30 comments on How to Remove Rail Dust with CarPro IronX and a Clay Bar

  1. John L. says:

    Nice work although I am a little surprised that you did not dismount the licence plate. On every detail that I do I “pull the plates”. It gives a more complete effort on the detail. Just a tip. John L. Best Investment Auto Details. Columbus Ohio.

  2. Sultan says:

    Very helpful tips thanks for posting!

  3. Jon says:

    Nice write-up! I have heard many good things about Iron-X and this further supports their top-shelf ranking in terms of rail dust removal. Not to muddy the waters, but the manufacturer also makes a product called Trix, which I believe is a blend of Iron X and Tar X (the latter geared towards removing tar, adhesives, etc.).


  4. Jon says:

    Also….if you think your wheels are rail dust free, spray some of this in the lug nut area and watch the chemical reaction. It’s a great product, indeed. That said, I have jet black body paint and doubt I would ‘see’ the positive effects like I do on my wheels (you guessed it, I haven’t tried yet).

    • Addison Good says:

      Great point! The good thing about this product is that it turns purple when it reacts with contaminants so you can still see it work on black paint. If it is kind of hard to see take a inspection light and look at the paint with it after you apply it.

    • Rui Miranda says:

      CarPro IronX is one of my go-to products. But it is not designed for wheel maintenance: you have to be especially careful with the calipers and the wheel weights.

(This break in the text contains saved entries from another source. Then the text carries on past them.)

/// What the value of a key has to be.
#[derive(Clone, Copy)]
pub enum Shape {
    /// A whole number of this range.
    Number { low: u64, high: u64 },
    /// A whole number: a bound of a value.
    Bound,
    /// A text of 1 to 32 characters, none of them a space or beyond ASCII.
    Name,
    /// A text of at most 40 ASCII characters.
    Label,
    /// One of these words.
    Word(&'static [&'static str]),
    /// The name of a slave.
    Reference,
    /// A truth value.
    Truth,
    /// Two whole numbers of this range.
    Pair { low: u64, high: u64 },
    /// Two whole numbers from 1 on, the least and the greatest size.
    Sizes { most: u64 },
    /// Hexadecimal digits of so many octets.
    Octets { least: u64, most: u64 },
    /// A list of words, each at most once.
    Words(&'static [&'static str]),
    /// A list of pairs, a lost frame each.
    Losses,
    /// A list of tables.
    Tables { most: u64 },
}

/// Where a key has to stand in its table.
#[derive(Clone, Copy)]
pub enum Need {
    /// Always.
    Always,
    /// It may be left out.
    Optional,
    /// In a slave that serves EoE.
    OfEoe,
    /// In an entry of texts or octets.
    OfTexts,
}

/// A key of a table, with what is wanted of its value and why.
#[derive(Clone, Copy)]
pub struct Row {
    pub key: &'static str,
    pub need: Need,
    pub shape: Shape,
    pub wanted: &'static str,
    /// Empty where nothing is to be said.
    pub why: &'static str,
}

/// A table of a scenario.
#[derive(Clone, Copy)]
pub enum Kind {
    /// The top of the file.
    Top,
    Slave,
    Object,
    Entry,
    File,
    Idn,
    Service,
    Host,
}
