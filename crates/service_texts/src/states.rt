ghost use Rattle.std.specs.Prelude.{◌≡◌, ◌++◌, OnOk};
ghost use Rattle.service_texts.specs.States.{state_word, state_text};

use ec_fields::{NoMemory, Octets};
use std::alloc::Global;

// An AL state by its number (ETG.1000.6, section 6.4.1), empty where it is none.
fn state_word(state: u8) -> &'static str
    ensures { result.now ≡ state_word state }
{
    match state {
        1 => "Init",
        2 => "PreOp",
        3 => "Bootstrap",
        4 => "SafeOp",
        8 => "Op",
        _ => "",
    }
}

/// An AL state by its name, or by its number where it is none.
#[tactic(auto, unfolding(crate::specs::States::state_text))]
pub fn add_state(alloc: Global, line: &mut Octets, state: u8) -> Result<(), NoMemory>
    ensures { OnOk result (line.new ≡ line.old ++ state_text state) }
{
    let word = state_word(state);
    if !word.is_empty() {
        return line.add(word.as_bytes());
    }
    let number = format!(in alloc; "state {state}")?;
    line.add(number.as_bytes())?;
    Ok(())
}
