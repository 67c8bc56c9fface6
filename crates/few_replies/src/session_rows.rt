//! What a session says of its rows at each moment, beyond what it promises. Definitions and laws, no running code.

ghost use Rattle.slave_parts.specs.of_exchange_model.Rows.{Row};
ghost use Rattle.slave_parts.specs.of_life_model.Eras.{OpenEra};
ghost use Rattle.few_replies.specs.Drained.{DrainedDuty, AllMailsDone};
ghost use Rattle.few_replies.specs.Newest.{IsNewestOver, IsWholeRow};

/// Where a state service has drained, its slave has carried out all services by mails that began before it: so an epoch that such a service ends is
/// drained.
pub fn drained_law<V, A, M, Q, R>()
    ensures { (w : OpenEra V A M Q R) → DrainedDuty w → AllMailsDone w }
{}

/// The newest service, where it goes by mails and is over, is whole: all its mails were told and all its replies heard in its row. So it is of a mail
/// that is passed on, whose replies are those of the server's step.
pub fn row_law<V, A, M, Q, R>()
    ensures { (w : OpenEra V A M Q R) (r : Row M Q R) → IsNewestOver w r → IsWholeRow w r }
{}
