//! A worked life of a slave of SoE, frame by frame, with the values of a run. Definitions and laws, no running code.

ghost use Rattle.std.specs.Prelude.{◌≡◌, ℕ, false, Some, None, List, [], ◌∷◌, ◌++◌, map, length};
ghost use Rattle.slave_parts.specs.of_mailbox_mail.declared.outcome.ReplyKind.{ReplyKind};
ghost use Rattle.slave_parts.specs.of_segment_model.Seats.{rows_of};
ghost use Rattle.slave_parts.specs.of_life_model.Lives.{Stand, reopening};
ghost use Rattle.few_replies.specs.Frames.{life_of, brought_up, cut_off, reopened, passed_on, written, octets, served};

/// A bring-up with a lost access; a write in fragments that a give-up cuts off; a reopening with a new epoch; a fragment that is passed on and leaves a
/// join; and a write that meets it.
pub fn worked_life()
    ensures opened { (life_of brought_up).era.opened ≡ Some 5 }
    ensures given_up { let l = life_of cut_off in (l.gave ≡ 10 ∷ []) × (l.stand ≡ reopening 2 false) }
    // The epoch before keeps its row, which stays in doubt, and the next one has none.
    ensures past { let es = (life_of reopened).past in (map (λ e. e.opened) es ≡ Some 5 ∷ []) × (map (λ e. map (λ r. r.answer) (rows_of e.side)) es ≡ (None ∷ []) ∷ []) }
    ensures anew { let e = (life_of reopened).era in (e.cleared ≡ Some 12) × (e.opened ≡ Some 19) × (e.account.started ≡ []) × (rows_of e.side ≡ []) }
    // The mail that was passed on is over without a reply, and the write behind it is done.
    ensures passed { let e = (life_of passed_on).era in (e.passing ≡ None) × (length e.account.started ≡ 1) }
    ensures answered { map (λ r. r.answer) (rows_of (life_of written).era.side) ≡ None ∷ Some (Some (ReplyKind.Done, []), 24) ∷ [] }
    // It wrote the join's octets, followed by its own.
    ensures joined { served.app ≡ octets 54 0 ++ 7 ∷ [] }
{}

      • Addison Good says:


        I have used it a few times on wheels when I was out of Sonax Wheel Cleaner. I havn’t noticed any problems but I will keep an eye out for that. Thanks for letting me know!


  5. Buddy says:

    Thank you for the excellent write-up Addison.
    I live in Naples, FL and it would be great to meet you and check out your shop.


  6. Adam B says:

    Very good tip Addison! I used to have a white car and remember these spots were so stubborn, three years ago I had no clue so I just kept coating wax over the top thinking I was doing something to get rid of the spots…. I can say I’ve come a long way in terms of detail knowledge, next time I face a white or light colored car I will know how to attack this issue.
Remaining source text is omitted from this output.